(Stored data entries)
*-*-*
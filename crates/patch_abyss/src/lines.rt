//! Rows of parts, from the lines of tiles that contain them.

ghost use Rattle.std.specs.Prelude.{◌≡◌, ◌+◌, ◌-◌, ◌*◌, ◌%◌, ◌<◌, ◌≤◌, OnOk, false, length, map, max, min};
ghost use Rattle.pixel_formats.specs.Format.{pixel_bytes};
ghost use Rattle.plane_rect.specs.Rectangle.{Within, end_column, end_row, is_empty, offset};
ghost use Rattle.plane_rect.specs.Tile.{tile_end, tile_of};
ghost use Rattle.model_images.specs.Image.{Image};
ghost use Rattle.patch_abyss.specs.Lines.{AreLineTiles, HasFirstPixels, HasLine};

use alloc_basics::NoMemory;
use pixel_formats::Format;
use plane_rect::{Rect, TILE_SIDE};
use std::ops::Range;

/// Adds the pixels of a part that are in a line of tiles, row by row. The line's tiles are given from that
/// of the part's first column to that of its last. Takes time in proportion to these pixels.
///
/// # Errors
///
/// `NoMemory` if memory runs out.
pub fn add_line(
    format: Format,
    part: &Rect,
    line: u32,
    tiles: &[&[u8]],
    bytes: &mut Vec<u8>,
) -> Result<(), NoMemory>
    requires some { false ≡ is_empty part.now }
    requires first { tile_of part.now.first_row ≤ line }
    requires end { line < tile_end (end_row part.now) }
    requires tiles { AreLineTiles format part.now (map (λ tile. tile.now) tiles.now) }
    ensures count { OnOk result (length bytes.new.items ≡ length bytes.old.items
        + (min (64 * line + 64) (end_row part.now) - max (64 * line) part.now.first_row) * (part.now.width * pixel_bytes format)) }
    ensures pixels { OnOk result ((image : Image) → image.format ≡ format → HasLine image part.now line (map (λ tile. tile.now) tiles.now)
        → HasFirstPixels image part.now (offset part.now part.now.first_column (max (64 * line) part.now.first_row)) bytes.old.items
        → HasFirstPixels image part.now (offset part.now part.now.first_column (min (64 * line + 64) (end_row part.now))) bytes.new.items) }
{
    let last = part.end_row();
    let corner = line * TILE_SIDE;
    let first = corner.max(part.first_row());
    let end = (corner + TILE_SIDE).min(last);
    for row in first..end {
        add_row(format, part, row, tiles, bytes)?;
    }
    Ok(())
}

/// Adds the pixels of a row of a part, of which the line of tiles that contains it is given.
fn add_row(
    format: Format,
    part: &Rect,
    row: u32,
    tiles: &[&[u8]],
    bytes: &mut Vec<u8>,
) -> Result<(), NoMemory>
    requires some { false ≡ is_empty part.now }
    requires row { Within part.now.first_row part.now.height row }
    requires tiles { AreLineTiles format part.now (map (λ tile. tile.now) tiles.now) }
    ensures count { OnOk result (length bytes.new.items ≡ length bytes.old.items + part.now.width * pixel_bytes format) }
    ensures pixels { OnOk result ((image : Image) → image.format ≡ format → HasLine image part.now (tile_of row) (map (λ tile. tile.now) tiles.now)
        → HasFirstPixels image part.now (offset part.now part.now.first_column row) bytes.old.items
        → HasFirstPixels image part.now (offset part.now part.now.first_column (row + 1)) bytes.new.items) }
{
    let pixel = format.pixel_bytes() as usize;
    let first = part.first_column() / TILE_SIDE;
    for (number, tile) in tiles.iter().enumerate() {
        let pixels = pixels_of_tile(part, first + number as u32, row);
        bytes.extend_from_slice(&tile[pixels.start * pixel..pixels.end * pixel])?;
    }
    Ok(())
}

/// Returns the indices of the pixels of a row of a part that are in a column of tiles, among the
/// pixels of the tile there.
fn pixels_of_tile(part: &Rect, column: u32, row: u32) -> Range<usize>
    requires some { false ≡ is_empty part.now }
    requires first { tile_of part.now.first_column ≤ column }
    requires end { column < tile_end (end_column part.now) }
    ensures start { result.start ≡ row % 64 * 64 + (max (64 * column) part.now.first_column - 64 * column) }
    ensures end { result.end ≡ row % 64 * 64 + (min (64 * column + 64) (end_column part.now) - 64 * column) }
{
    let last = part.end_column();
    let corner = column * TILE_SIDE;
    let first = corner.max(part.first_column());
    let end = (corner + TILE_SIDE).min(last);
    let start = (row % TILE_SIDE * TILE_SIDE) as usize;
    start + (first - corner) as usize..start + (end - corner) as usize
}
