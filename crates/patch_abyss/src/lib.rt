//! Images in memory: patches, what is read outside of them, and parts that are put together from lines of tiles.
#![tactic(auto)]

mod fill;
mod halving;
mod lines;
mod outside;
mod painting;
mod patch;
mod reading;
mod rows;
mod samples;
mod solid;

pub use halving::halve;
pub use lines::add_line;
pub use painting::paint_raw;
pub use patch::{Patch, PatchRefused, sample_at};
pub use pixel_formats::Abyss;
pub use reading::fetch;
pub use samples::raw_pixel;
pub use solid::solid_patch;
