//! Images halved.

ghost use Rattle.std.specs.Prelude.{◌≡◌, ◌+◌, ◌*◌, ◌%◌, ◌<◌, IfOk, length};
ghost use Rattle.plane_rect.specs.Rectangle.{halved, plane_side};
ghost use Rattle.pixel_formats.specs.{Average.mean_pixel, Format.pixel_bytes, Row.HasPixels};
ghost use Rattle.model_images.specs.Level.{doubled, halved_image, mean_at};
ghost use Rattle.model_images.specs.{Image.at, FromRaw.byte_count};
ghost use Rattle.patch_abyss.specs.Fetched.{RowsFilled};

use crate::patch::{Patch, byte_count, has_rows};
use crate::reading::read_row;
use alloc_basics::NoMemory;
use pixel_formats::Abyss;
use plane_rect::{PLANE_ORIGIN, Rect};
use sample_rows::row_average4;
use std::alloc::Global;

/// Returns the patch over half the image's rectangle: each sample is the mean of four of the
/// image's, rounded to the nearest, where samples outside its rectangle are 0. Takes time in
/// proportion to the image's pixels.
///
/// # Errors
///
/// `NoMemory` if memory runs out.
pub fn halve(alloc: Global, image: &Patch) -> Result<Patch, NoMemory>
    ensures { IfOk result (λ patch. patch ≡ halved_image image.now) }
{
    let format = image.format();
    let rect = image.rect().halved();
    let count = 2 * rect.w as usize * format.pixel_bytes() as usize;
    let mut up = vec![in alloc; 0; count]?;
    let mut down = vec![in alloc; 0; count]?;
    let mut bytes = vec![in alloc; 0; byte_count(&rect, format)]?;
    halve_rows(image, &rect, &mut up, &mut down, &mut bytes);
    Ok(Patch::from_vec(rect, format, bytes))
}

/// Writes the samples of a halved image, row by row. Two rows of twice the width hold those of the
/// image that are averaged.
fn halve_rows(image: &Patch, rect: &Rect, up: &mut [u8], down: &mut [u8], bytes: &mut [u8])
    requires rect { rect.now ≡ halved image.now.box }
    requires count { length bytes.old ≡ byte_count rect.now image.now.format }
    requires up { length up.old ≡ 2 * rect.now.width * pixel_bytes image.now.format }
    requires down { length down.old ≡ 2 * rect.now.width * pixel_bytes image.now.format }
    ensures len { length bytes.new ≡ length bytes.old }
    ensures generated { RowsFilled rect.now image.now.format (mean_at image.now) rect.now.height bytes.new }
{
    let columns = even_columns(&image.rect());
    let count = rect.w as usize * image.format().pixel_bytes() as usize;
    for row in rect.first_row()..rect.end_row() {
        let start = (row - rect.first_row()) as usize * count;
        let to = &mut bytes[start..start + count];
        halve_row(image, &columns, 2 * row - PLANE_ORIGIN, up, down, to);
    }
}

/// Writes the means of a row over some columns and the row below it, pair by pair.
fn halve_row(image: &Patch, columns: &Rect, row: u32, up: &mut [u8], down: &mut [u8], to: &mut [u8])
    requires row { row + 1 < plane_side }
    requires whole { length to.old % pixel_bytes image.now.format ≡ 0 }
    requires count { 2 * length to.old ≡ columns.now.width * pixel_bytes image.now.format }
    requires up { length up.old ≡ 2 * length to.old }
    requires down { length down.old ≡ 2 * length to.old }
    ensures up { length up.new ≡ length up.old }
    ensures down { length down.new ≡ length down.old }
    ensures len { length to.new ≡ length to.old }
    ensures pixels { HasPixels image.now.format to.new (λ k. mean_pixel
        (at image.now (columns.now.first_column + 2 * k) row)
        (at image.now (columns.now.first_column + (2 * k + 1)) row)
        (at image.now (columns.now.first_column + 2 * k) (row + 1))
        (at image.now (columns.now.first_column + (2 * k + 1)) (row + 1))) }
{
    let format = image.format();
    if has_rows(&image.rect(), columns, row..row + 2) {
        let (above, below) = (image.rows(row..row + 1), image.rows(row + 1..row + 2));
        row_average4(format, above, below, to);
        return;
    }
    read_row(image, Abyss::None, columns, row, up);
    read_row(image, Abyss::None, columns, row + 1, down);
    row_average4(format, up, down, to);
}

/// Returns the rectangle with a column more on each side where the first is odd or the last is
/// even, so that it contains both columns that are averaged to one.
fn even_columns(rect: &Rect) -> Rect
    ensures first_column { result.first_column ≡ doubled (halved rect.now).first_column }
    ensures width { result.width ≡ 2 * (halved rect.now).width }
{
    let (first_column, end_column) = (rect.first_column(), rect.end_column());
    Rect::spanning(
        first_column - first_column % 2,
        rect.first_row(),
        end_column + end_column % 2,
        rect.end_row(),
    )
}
*-*-*
### WORK ITEM
Using the data above, report the number of lines that contain the string "HasLine", and only that number.

### RESPONSE FOR THIS EXERCISE
3